Neurobiological Technologies Inc. Reports Operating Results (10-Q)

Author's Avatar
Nov 16, 2009
Neurobiological Technologies Inc. (NTII, Financial) filed Quarterly Report for the period ended 2009-09-30.

Neurobiological Tech. is an emerging drug development company focused on the clinical evaluation and regulatory approval of neuroscience drugs. The company's strategy is to in-license and develop early-stage drug candidates that target major medical needs and which can be rapidly commercialized. Neurobiological Technologies Inc. has a market cap of $24.79 million; its shares were traded at around $0.9205 with a P/E ratio of 7.08 and P/S ratio of 0.94.

Highlight of Business Operations:

During the three months ended September 30, 2009, we entered into an agreement to terminate a license agreement under which we were previously receiving royalties from Merz in return for Merzs agreement to provide us with a one-time payment. Amounts received as royalties and as payment in return for the termination of the royalty-bearing agreement aggregated substantially more than our administrative operating expenses, and we recorded net income of $5,405,000. During the three months ended September 30, 2008, our primary focus as a company was the development of Viprinex, an investigational drug for stroke, the majority of our costs were related to its potential development, and we recorded a net loss of $2,762,000.

Total revenues of $6,026,000 for the three months ended September 30, 2009 increased by $2,461,000 from revenues of $3,565,000 for the three months ended September 30, 2008. Our first quarter fiscal 2010 revenues consisted almost entirely of $6,019,000 from our license agreement for the product memantine with Merz Pharmaceuticals GmbH under which we received royalties on sales by Merzs marketing partner in the United States. Included in first quarter fiscal 2010 revenues were $1,119,000 received as a royalty and $4,900,000 from Merzs buy-out of its future royalty obligations upon termination of our license agreement. We do not expect to receive any further royalty revenue related to memantine.

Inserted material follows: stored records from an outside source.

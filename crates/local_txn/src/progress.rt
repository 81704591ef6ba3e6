//! Where a block stands beside the rows of a store.
ghost use Rattle.std.specs.Prelude.{◌≡◌, ◌<◌, length};
ghost use Rattle.local_txn.specs.Running.{progress_after};

use crate::convergent::side_of;
use rep_schema::Schema;
use txn_effects::{Here, Side, Stamps};

/// The site that a block runs at, the site's stamps so far, and which tables the block's statements are on so far.
#[derive(Clone, Copy)]
pub(crate) struct BlockProgress {
    pub here: Here,
    pub stamps: Stamps,
    /// None before the first statement.
    pub side: Option<Side>,
}

impl BlockProgress {
    /// Goes on behind a statement on a table, which leaves this last stamp.
    pub(crate) fn go_on(&mut self, schema: &Schema, table: u32, last: u64)
        requires { table < length schema.now.tables }
        ensures { self.new ≡ progress_after schema.now table last self.old }
    {
        self.stamps.last = last;
        self.side = Some(side_of(schema, table));
    }
}
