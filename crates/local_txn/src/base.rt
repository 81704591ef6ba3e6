//! The rows that tables have before any site is made: a script puts them, and then they are filled in.
ghost use Rattle.std.specs.Prelude.{◌≡◌, ◌≢◌, ◌⊎◌, ℕ, ◌+◌, ◌<◌, ◌≤◌, ◌&&◌, map, length, slice_index, slice_get, slice_set, Some, None, IfOk, IfErr, OnOk, OnErr};
ghost use Rattle.rep_values.specs.declared.refusal.Refusal.TheVariants.{Memory};
ghost use Rattle.rep_values.specs.RefusalSteps.{first_refusal};
ghost use Rattle.rep_schema.specs.Shape.{HasShape};
ghost use Rattle.rep_schema.specs.Tables.{Cells, columns_of, rows_of, IsKeyed};
ghost use Rattle.rep_schema.specs.Fitting.{is_keyed};
ghost use Rattle.conflict_detect.specs.KeysNamed.{HasKeys};
ghost use Rattle.txn_effects.specs.Literals.{literals_fit};
ghost use Rattle.txn_effects.specs.Filled.{written_columns, filled_row};
ghost use Rattle.local_txn.specs.BaseRows.{base_steps, base_refusal, tables_with_row, filled_tables, FillsFreely};
ghost use Rattle.local_txn.specs.BaseSteps.{IsBaseRow, fill_count};

use crate::filled::{fill_everywhere, has_filled};
use crate::literals::{row_written, written_fit};
use crate::rows::{has_row, key_in, row_refusal};
use rep_lists::NoMemory;
use rep_schema::{RowStore, Schema, columns_of, holds_tables, is_keyed};
use rep_values::{Literal, Refusal, Row, SiteName, TableName};
use schema_names::table_place;
use std::alloc::Global;

/// Whether a table has a key, and the literals fit its columns.
fn takes_values(schema: &Schema, table: u32, values: &[Literal]) -> bool
    requires { table < length schema.now.tables }
    ensures { result ≡ (is_keyed (columns_of schema.now table) && literals_fit schema.now (written_columns (columns_of schema.now table)) values.now) }
{
    let columns = columns_of(schema, table);
    is_keyed(columns) && written_fit(schema, columns, values)
}

/// The row that literals write for a table, unless it is refused there.
fn base_row<R: RowStore>(
    alloc: Global,
    store: &R,
    table: u32,
    values: &[Literal],
) -> Result<Row, Refusal>
    requires shape { HasShape (R.schema store.now) }
    requires table { table < length (R.schema store.now).tables }
    ensures ok { IfOk result (IsBaseRow (R.schema store.now) (R.tables store.now) table values.now) }
    ensures err { IfErr result (λ why. (why ≡ Memory) ⊎ (first_refusal (base_steps (R.schema store.now) (R.tables store.now) table values.now) ≡ Some why)) }
{
    holds_tables(store);
    if !takes_values(store.schema(), table, values) {
        return Err(Refusal::RowShape);
    }
    let row = row_written(alloc, columns_of(store.schema(), table), values)?;
    if has_row(store, table, &key_in(store, table, &row)) {
        return Err(Refusal::KeyTaken);
    }
    if let Some(refusal) = row_refusal(store, table, None, &row) {
        return Err(refusal);
    }
    Ok(row)
}

/// Puts a row that a script writes into a table, before any site is made; the columns that a site fills stay blank.
/// Where it is refused, and where there is no memory, the rows are as before.
pub fn put_base_row<R: RowStore>(
    alloc: Global,
    store: &mut R,
    table: &TableName,
    values: &[Literal],
) -> Result<(), Refusal>
    requires shape { HasShape (R.schema store.old) }
    ensures ok { OnOk result (base_refusal (R.schema store.old) (R.tables store.old) table.now values.now ≡ None) }
    ensures tables { OnOk result (R.tables store.new ≡ tables_with_row (R.schema store.old) (R.tables store.old) table.now values.now) }
    ensures err { IfErr result (λ why. (why ≡ Memory) ⊎ (base_refusal (R.schema store.old) (R.tables store.old) table.now values.now ≡ Some why)) }
    ensures kept { OnErr result (R.tables store.new ≡ R.tables store.old) }
    ensures schema { R.schema store.new ≡ R.schema store.old }
{
    let Some(place) = table_place(store.schema().tables.as_slice(), table) else {
        return Err(Refusal::UnknownName);
    };
    let table = place as u32;
    let row = base_row(alloc, store, table, values)?;
    store.reserve(table, 1)?;
    store.put(table, row);
    Ok(())
}

/// How many rows of a table are filled in.
fn fill_count<R: RowStore>(store: &R, table: u32) -> u64
    requires { table < length (R.schema store.now).tables }
    ensures { result ≡ fill_count (columns_of (R.schema store.now) table) (rows_of (R.tables store.now) table) }
{
    if has_filled(columns_of(store.schema(), table)) {
        store.count(table)
    } else {
        0
    }
}

/// Makes room in each table for as many rows as are filled in there.
fn reserve_to_fill<R: RowStore>(store: &mut R) -> Result<(), NoMemory>
    requires shape { HasShape (R.schema store.old) }
    ensures ok { OnOk result ((t : ℕ) → t < length (R.schema store.old).tables →
        fill_count (columns_of (R.schema store.old) t) (rows_of (R.tables store.old) t) ≤ slice_index (R.spare store.new) t) }
    ensures schema { R.schema store.new ≡ R.schema store.old }
    ensures tables { R.tables store.new ≡ R.tables store.old }
{
    for table in 0..store.schema().tables.len() as u32 {
        store.reserve(table, fill_count(store, table))?;
    }
    Ok(())
}

/// Fills the row at a place in. It is taken out and put back, which uses room for one row up.
fn fill_row<R: RowStore>(store: &mut R, table: u32, place: u64, site: &SiteName)
    requires table { table < length (R.schema store.old).tables }
    requires shape { HasShape (R.schema store.old) }
    requires keyed { IsKeyed (columns_of (R.schema store.old) table) }
    requires free { FillsFreely (R.schema store.old) }
    requires place { place < length (rows_of (R.tables store.old) table) }
    requires room { 1 ≤ slice_index (R.spare store.old) table }
    ensures tables { (row : Cells) → slice_get (rows_of (R.tables store.old) table) place ≡ Some row → R.tables store.new ≡ slice_set (R.tables store.old) table
        (slice_set (rows_of (R.tables store.old) table) place (filled_row (record { stamp = 0; site = site.now }) (columns_of (R.schema store.old) table) row)) }
    ensures schema { R.schema store.new ≡ R.schema store.old }
    ensures room { slice_index (R.spare store.old) table ≤ slice_index (R.spare store.new) table + 1 }
    ensures others { (t : ℕ) → t ≢ table → slice_index (R.spare store.new) t ≡ slice_index (R.spare store.old) t }
{
    holds_tables(store);
    let Some(found) = store.row_in_order(table, place) else {
        unreachable!();
    };
    let key = key_in(store, table, found);
    let Some(mut row) = store.take(table, &key) else {
        unreachable!();
    };
    fill_everywhere(columns_of(store.schema(), table), site, &mut row);
    store.put(table, row);
}

/// Fills the rows of a table in. There is room for as many more.
fn fill_table<R: RowStore>(store: &mut R, table: u32, site: &SiteName)
    requires table { table < length (R.schema store.old).tables }
    requires shape { HasShape (R.schema store.old) }
    requires keyed { IsKeyed (columns_of (R.schema store.old) table) }
    requires free { FillsFreely (R.schema store.old) }
    requires room { fill_count (columns_of (R.schema store.old) table) (rows_of (R.tables store.old) table) ≤ slice_index (R.spare store.old) table }
    ensures tables { R.tables store.new ≡ slice_set (R.tables store.old) table
        (map (filled_row (record { stamp = 0; site = site.now }) (columns_of (R.schema store.old) table)) (rows_of (R.tables store.old) table)) }
    ensures schema { R.schema store.new ≡ R.schema store.old }
    ensures others { (t : ℕ) → t ≢ table → slice_index (R.spare store.new) t ≡ slice_index (R.spare store.old) t }
{
    holds_tables(store);
    for place in 0..fill_count(store, table) {
        fill_row(store, table, place, site);
    }
}

/// Fills the columns that a site fills of every row, with stamp 0 and a site's name. Where there is no memory, the
/// rows are as before.
pub fn fill_base_rows<R: RowStore>(store: &mut R, site: &SiteName) -> Result<(), NoMemory>
    requires shape { HasShape (R.schema store.old) }
    requires keys { HasKeys (R.schema store.old) }
    requires free { FillsFreely (R.schema store.old) }
    ensures ok { OnOk result (R.tables store.new ≡ filled_tables (record { stamp = 0; site = site.now }) (R.schema store.old).tables (R.tables store.old)) }
    ensures kept { OnErr result (R.tables store.new ≡ R.tables store.old) }
    ensures schema { R.schema store.new ≡ R.schema store.old }
{
    holds_tables(store);
    // The room comes first, so that what follows can't fail.
    reserve_to_fill(store)?;
    for table in 0..store.schema().tables.len() as u32 {
        fill_table(store, table, site);
    }
    Ok(())
}
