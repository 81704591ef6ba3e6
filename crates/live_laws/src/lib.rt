//! Live parts: turns of origins and sessions at one site, what a run of them is, and laws over every such run.
#![tactic(auto)]

mod laws;
mod turn;

pub use laws::{
    full_runs_exist, full_runs_finish_the_same, positions_are_applied_in_order,
    printed_turns_are_known, turns_are_events, turns_are_journalled,
};
pub use turn::{Block, LiveTurn, Reply, Session};
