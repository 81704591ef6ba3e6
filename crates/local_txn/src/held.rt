//! The table that a statement names.
ghost use Rattle.std.specs.Prelude.{◌≡◌, ◌<◌, length, IfSome};
ghost use Rattle.rep_schema.specs.Shape.{HasShape};
ghost use Rattle.txn_effects.specs.Held.{statement_table, held_of, held_table};

use rep_calls::Statement;
use rep_schema::Schema;
use rep_values::TableName;
use schema_names::table_place;
use txn_effects::Here;

fn table_name(statement: &Statement) -> TableName
    ensures { result ≡ statement_table statement.now }
{
    match statement {
        Statement::Insert { table, .. }
        | Statement::Update { table, .. }
        | Statement::Delete { table, .. } => *table,
    }
}

/// The table that a statement names, where it is known and held here.
pub(crate) fn held_table(schema: &Schema, here: &Here, statement: &Statement) -> Option<u32>
    requires { HasShape schema.now }
    ensures value { result ≡ held_table schema.now here.now statement.now }
    ensures below { IfSome result (λ table. table < length schema.now.tables) }
{
    let place = table_place(schema.tables.as_slice(), &table_name(statement))?;
    if !here.tables.has(place as u32) {
        return None;
    }
    Some(place as u32)
}
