//! A script's literals beside columns, and the rows and keys that they give.
ghost use Rattle.std.specs.Prelude.{◌≡◌, [], length, slice_get, filter, IfOk};
ghost use Rattle.std.specs.List.{list_any};
ghost use Rattle.rep_values.specs.Number.{IsKeyLen, IsRowLen};
ghost use Rattle.rep_values.specs.Name.{same_bytes};
ghost use Rattle.txn_effects.specs.Filled.{blank_value, written_columns, row_written};
ghost use Rattle.txn_effects.specs.Literals.{names_site, literal_fits, literal_there, literals_fit, is_given, key_literals_fit, values_of};

use rep_lists::{Items, NoMemory};
use rep_schema::{Column, Schema, SiteEntry, is_of_kind};
use rep_values::{Key, Literal, Row, Text, Value};
use std::alloc::Global;
use txn_effects::Given;

fn has_site(sites: &[SiteEntry], name: &Text) -> bool
    ensures { result ≡ list_any (λ site. same_bytes site.name.0 name.now) sites.now }
{
    sites.iter().any(|site| site.name.0.bytes() == name.bytes())
}

fn names_site(schema: &Schema, literal: &Literal) -> bool
    ensures { result ≡ names_site schema.now literal.now }
{
    match literal {
        Literal::Num(_) => false,
        Literal::Words(name) => has_site(schema.sites.as_slice(), name),
    }
}

fn literal_fits(schema: &Schema, column: &Column, literal: &Literal) -> bool
    ensures { result ≡ literal_fits schema.now column.now literal.now }
{
    is_of_kind(column.kind, literal)
        && (!(column.key && column.kind.is_site_kind()) || names_site(schema, literal))
}

/// Whether a literal is at a place, and fits a column.
fn fits_there(schema: &Schema, column: &Column, literals: &[Literal], place: usize) -> bool
    ensures { result ≡ literal_there schema.now column.now (slice_get literals.now place) }
{
    match literals.get(place) {
        Some(literal) => literal_fits(schema, column, literal),
        None => false,
    }
}

fn is_given(given: Given, column: &Column) -> bool
    ensures { result ≡ is_given given column.now }
{
    match given {
        Given::Written => !column.is_filled(),
        Given::Key => column.key,
    }
}

fn literals_fit(schema: &Schema, given: Given, columns: &[Column], literals: &[Literal]) -> bool
    ensures { result ≡ literals_fit schema.now (filter (is_given given) columns.now) literals.now }
{
    let mut read = 0;
    for column in columns {
        if is_given(given, column) {
            if !fits_there(schema, column, literals, read) {
                return false;
            }
            read += 1;
        }
    }
    read == literals.len()
}

/// Whether there is a literal for each column that a script writes, and each fits.
pub(crate) fn written_fit(schema: &Schema, columns: &[Column], literals: &[Literal]) -> bool
    ensures { result ≡ literals_fit schema.now (written_columns columns.now) literals.now }
{
    literals_fit(schema, Given::Written, columns, literals)
}

/// Whether there is a literal for each key column, and each fits.
pub(crate) fn key_literals_fit(schema: &Schema, columns: &[Column], literals: &[Literal]) -> bool
    ensures { result ≡ key_literals_fit schema.now columns.now literals.now }
{
    literals_fit(schema, Given::Key, columns, literals)
}

fn empty_text() -> Text
    ensures { result ≡ [] }
{
    match Text::of(b"") {
        Some(text) => text,
        None => unreachable!(),
    }
}

/// What a filled column holds before it is filled.
fn blank_value(column: &Column) -> Value
    ensures { result ≡ blank_value column.now }
{
    if column.kind.is_stamp() {
        Value::Num(0)
    } else {
        Value::Words(empty_text())
    }
}

/// The row of literals, blank in the columns that the site fills.
pub(crate) fn row_written(
    alloc: Global,
    columns: &[Column],
    literals: &[Literal],
) -> Result<Row, NoMemory>
    requires some { IsRowLen (length columns.now) }
    requires long { length (written_columns columns.now) ≡ length literals.now }
    ensures { IfOk result (λ row. row ≡ row_written columns.now (values_of literals.now)) }
{
    let mut cells = Items::with_capacity(alloc, columns.len())?;
    let mut read = 0;
    for column in columns {
        if column.is_filled() {
            cells.push(blank_value(column))?;
        } else {
            cells.push(literals[read].value())?;
            read += 1;
        }
    }
    match Row::from_items(cells) {
        Some(row) => Ok(row),
        None => unreachable!(),
    }
}

/// The key of literals. It is built in place, since a key is large.
#[inline(always)]
pub(crate) fn key_of_literals(literals: &[Literal]) -> Key
    requires { IsKeyLen (length literals.now) }
    ensures { result ≡ values_of literals.now }
{
    let mut key = Key::first(literals[0].value());
    for i in 1..literals.len() {
        key.push(literals[i].value());
    }
    key
}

General and administrative expenses decreased to $878,000 for the quarter ended September 30, 2009 compared to $1,331,000 for the quarter ended September 30, 2008, a reduction of $453,000, or 34%. General and administrative expenses decreased during the period in fiscal 2010 largely due to across-the-board personnel reductions following the termination of our Viprinex program in stroke. Higher legal fees in connection with preparing the company for liquidation and dissolution partially offset the savings as a result of the large personnel reductions.

During the three months ended September 30, 2009, we recorded a non-cash gain of $266,000 on the decrease in the estimated fair value of equity warrants we previously issued, as compared to a non-cash gain of $37,000 for the three months ended September 30, 2008. The decrease in the estimated fair value of the warrants, which resulted in the gain recorded during the most recent quarter, was primarily due to a decrease in the estimated volatility of our common stock, combined with a decrease in the estimated term of the warrants, partially offset by an increase in the value of our common stock.

Federal alternative minimum tax requirements only allow us to offset 90% of federal alternative minimum tax liability with alternative minimum tax NOL carryforwards, and as a result we have recorded a tax provision of $30,000 for federal alternative minimum taxes. For our fiscal year ending June 30, 2010, the state of California has temporarily suspended the use of previous NOLs to offset California taxable income. The state of California has also imposed certain new and temporary restrictions on the use of accumulated R&D tax credits for our current fiscal year. As a result, we have recorded a state tax provision of $66,000 for California income taxes.

As of September 30, 2009, we had $5.3 million invested in ARS, issued principally by student loan agencies. Our original purchase price for these securities was $7.0 million, which was subsequently written-down to a value of $5.2 million in fiscal 2008 and 2009. ARS are structured to provide liquidity via an auction process that resets the applicable interest rate at predetermined calendar intervals, which are approximately once a month. Beginning in February 2008, auctions for the securities in our portfolio failed, and none have been successful since that time. We have classified all of our ARS as short-term investments as of September 30, 2009 because we plan to liquidate these holdings. ARS with a carrying value of $4.3 million as of September 30, 2009 have been sold subsequent to this date for the values listed in our September 30, 2009 condensed consolidated balance sheet, and we believe that we will be able to sell the single remaining ARS at or near the current carrying value. If we are not able to sell the remaining ARS at or near the current carrying value, we will be required to record an additional loss.